Data supplied ->
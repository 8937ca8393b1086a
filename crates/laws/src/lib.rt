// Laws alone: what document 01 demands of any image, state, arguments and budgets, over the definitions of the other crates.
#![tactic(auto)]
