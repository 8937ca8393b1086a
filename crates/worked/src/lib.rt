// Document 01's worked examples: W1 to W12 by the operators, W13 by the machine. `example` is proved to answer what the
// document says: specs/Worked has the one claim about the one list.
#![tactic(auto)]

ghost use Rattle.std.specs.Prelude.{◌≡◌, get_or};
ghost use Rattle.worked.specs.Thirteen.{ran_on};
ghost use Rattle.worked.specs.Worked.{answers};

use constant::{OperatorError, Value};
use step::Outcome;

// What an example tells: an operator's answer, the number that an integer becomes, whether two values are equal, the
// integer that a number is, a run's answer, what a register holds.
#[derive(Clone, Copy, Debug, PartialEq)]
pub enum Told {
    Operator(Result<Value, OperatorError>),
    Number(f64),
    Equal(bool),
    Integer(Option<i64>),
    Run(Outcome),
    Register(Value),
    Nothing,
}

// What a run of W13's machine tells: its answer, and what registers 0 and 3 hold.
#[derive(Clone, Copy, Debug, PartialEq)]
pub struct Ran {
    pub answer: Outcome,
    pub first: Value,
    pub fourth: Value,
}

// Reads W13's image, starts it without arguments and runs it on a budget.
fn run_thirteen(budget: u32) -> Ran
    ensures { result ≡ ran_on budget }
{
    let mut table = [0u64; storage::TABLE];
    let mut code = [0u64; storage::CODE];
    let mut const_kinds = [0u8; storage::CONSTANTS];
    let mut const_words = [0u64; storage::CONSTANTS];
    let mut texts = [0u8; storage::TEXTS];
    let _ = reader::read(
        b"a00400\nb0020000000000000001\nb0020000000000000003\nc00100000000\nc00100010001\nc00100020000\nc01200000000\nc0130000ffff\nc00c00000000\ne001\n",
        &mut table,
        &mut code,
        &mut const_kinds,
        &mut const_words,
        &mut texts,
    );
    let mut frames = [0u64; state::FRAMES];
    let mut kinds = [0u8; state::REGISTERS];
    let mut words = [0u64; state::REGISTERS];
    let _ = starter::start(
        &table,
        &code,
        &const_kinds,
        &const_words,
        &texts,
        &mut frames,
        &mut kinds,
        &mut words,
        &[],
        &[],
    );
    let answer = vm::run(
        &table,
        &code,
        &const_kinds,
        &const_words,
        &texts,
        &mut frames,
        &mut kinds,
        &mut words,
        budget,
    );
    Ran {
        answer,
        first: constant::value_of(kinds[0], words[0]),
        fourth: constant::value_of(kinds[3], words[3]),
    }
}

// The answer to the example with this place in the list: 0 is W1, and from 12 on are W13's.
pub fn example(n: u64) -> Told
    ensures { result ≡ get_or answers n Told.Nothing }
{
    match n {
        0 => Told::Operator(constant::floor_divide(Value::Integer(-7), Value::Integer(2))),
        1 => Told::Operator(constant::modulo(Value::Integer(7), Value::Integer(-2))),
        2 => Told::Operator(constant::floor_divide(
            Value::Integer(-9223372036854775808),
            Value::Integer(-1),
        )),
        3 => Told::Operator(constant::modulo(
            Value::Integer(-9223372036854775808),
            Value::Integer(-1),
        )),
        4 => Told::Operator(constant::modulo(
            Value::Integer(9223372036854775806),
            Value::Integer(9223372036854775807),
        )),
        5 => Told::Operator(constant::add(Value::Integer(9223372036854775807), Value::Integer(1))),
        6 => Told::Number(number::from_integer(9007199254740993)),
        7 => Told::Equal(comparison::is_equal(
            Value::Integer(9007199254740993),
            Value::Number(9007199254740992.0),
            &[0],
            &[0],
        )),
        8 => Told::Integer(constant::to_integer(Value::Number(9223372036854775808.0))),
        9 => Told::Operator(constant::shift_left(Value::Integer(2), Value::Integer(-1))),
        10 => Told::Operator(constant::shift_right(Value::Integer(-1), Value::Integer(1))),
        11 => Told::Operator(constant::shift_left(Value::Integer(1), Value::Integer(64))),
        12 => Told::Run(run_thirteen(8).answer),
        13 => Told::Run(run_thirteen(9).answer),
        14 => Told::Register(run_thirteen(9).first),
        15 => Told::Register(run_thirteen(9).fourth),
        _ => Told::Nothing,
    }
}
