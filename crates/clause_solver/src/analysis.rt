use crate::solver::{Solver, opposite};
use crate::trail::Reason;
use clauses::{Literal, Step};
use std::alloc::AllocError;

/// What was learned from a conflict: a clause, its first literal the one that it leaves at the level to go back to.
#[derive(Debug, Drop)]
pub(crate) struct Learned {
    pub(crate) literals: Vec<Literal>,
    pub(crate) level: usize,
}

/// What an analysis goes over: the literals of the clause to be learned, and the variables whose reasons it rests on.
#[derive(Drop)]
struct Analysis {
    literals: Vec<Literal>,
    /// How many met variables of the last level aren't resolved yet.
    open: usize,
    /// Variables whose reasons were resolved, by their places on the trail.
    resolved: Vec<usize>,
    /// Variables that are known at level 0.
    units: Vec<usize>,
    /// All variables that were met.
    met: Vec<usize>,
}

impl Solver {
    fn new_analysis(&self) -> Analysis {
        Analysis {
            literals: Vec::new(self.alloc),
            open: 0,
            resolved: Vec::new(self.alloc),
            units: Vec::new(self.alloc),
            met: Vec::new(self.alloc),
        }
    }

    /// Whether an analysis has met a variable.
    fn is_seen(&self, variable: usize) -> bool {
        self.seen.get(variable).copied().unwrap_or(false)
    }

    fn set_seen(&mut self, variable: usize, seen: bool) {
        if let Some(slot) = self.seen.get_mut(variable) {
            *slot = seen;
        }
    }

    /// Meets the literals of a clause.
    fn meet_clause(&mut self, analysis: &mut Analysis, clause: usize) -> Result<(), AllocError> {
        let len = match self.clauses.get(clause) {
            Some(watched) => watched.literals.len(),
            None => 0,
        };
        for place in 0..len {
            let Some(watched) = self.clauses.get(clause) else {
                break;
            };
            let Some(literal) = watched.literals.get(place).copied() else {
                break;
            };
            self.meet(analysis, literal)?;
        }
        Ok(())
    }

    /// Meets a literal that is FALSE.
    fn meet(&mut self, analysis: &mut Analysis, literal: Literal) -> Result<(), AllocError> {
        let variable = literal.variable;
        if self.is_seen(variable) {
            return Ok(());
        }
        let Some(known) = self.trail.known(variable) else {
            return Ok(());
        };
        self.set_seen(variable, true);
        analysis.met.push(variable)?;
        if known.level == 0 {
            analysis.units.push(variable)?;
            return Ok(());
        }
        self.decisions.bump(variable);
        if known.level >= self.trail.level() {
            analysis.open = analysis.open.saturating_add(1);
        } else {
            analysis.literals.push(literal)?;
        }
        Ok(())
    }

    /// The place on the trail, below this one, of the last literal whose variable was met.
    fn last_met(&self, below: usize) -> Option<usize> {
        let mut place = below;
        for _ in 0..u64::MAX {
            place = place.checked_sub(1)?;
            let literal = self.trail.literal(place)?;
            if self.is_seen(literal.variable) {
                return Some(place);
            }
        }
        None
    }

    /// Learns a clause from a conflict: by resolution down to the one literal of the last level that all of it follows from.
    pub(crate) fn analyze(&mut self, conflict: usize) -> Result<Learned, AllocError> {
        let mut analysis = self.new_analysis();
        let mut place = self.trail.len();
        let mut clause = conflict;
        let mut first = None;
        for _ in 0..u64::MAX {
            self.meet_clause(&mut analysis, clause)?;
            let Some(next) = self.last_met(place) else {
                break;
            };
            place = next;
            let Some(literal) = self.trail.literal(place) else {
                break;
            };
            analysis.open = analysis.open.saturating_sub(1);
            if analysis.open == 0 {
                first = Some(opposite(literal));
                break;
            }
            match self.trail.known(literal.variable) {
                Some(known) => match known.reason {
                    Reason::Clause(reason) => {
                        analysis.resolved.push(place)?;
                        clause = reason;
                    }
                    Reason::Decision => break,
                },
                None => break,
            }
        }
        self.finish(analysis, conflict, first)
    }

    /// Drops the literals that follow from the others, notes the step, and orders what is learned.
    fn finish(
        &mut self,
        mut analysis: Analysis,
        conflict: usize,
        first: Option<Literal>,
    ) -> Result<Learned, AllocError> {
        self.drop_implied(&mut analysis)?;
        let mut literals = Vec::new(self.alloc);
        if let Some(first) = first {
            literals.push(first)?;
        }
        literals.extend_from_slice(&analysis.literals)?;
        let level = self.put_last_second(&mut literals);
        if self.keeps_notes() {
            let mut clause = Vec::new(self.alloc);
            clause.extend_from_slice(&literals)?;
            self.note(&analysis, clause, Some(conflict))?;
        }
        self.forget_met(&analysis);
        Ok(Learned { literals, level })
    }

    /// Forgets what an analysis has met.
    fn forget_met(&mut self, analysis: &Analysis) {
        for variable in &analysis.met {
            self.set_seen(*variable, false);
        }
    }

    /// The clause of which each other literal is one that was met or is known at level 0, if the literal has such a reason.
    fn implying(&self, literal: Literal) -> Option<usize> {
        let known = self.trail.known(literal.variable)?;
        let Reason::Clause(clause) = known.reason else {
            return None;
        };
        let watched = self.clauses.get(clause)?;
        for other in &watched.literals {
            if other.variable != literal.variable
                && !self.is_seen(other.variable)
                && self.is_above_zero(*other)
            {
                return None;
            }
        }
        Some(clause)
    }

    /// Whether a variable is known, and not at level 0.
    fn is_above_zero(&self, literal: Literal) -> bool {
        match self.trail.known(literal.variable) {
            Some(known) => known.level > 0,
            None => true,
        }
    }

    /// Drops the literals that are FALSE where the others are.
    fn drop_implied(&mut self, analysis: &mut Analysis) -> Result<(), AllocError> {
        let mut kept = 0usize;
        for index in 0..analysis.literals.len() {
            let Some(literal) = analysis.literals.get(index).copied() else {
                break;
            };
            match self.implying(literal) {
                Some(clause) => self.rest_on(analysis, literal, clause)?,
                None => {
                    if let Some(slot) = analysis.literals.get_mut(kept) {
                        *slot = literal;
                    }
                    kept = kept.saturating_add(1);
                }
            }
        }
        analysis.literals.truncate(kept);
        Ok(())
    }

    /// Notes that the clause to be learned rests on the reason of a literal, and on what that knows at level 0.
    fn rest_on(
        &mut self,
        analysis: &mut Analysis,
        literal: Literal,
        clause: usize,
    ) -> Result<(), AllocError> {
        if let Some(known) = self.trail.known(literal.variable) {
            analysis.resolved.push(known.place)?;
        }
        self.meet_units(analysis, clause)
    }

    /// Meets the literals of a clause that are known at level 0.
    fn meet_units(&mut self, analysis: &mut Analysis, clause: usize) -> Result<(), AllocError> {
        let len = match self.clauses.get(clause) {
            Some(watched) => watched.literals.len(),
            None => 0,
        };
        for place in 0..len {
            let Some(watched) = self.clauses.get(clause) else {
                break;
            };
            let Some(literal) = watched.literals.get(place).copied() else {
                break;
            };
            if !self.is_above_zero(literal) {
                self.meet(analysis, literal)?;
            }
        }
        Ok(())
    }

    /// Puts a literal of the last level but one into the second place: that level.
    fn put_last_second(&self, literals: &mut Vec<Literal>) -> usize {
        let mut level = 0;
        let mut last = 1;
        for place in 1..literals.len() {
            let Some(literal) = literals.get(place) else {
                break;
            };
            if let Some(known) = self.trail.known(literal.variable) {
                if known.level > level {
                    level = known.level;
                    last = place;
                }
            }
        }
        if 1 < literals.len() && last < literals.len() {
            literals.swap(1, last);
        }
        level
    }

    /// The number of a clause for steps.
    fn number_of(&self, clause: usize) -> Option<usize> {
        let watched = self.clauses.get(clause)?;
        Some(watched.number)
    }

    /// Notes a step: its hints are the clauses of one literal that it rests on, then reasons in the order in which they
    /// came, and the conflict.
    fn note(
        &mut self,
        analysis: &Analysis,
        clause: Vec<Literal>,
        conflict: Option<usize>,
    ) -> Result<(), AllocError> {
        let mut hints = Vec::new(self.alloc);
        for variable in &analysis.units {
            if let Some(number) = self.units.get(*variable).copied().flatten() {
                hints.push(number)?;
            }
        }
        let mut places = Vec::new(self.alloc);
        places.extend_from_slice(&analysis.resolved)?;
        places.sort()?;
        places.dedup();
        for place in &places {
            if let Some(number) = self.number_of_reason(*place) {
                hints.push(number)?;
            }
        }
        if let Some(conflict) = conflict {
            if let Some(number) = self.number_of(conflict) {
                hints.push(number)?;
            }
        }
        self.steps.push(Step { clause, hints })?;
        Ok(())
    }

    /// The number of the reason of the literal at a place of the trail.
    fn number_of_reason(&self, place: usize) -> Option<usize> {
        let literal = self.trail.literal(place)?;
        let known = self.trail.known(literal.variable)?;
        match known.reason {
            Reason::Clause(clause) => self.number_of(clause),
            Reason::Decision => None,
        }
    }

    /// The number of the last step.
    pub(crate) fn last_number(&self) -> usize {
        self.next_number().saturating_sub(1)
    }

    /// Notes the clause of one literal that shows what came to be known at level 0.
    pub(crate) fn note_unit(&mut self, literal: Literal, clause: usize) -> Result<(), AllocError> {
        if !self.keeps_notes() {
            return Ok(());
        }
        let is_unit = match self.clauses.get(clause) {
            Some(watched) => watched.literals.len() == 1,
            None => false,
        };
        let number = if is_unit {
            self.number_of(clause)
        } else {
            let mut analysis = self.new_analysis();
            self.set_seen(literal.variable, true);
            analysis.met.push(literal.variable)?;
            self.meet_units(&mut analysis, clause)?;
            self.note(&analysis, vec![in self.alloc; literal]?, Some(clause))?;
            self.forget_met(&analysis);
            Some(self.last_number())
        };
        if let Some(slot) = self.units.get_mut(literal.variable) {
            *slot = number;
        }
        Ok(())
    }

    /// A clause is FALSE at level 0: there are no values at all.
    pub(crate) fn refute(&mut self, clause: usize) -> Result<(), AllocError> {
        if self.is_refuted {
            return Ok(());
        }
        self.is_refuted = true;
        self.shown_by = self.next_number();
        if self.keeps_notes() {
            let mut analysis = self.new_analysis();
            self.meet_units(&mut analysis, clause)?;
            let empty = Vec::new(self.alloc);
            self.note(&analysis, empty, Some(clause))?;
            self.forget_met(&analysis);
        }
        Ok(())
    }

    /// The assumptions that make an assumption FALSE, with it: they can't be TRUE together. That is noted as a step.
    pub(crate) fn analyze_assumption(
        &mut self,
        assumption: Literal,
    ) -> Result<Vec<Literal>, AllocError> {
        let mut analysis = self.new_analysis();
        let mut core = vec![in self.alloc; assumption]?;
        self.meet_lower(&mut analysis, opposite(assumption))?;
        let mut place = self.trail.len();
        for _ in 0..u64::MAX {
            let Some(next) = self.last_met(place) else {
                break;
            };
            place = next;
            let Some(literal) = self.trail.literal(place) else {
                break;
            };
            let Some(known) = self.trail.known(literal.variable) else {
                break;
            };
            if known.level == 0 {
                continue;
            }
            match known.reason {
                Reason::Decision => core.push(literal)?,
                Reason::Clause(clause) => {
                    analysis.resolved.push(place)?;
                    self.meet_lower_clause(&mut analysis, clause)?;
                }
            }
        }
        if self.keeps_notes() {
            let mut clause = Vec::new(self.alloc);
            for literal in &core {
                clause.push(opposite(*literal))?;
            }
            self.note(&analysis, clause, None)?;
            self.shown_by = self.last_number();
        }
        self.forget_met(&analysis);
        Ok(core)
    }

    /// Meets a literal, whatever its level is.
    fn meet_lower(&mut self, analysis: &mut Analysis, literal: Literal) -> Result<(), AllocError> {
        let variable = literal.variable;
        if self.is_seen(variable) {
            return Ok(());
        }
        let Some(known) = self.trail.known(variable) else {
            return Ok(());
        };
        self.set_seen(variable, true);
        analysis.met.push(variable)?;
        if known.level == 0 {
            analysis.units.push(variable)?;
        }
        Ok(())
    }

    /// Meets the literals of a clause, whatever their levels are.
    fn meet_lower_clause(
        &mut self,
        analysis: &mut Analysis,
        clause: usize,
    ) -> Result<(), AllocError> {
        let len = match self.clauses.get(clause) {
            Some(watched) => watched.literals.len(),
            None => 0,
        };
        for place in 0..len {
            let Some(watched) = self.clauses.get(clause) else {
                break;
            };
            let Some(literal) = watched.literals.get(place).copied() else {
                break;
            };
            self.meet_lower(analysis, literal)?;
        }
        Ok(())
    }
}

Exercise -> Copy whichever lines above contain the string "Nothing".

Response area ->
    Nothing,
    ensures { result ≡ get_or answers n Told.Nothing }
        _ => Told::Nothing,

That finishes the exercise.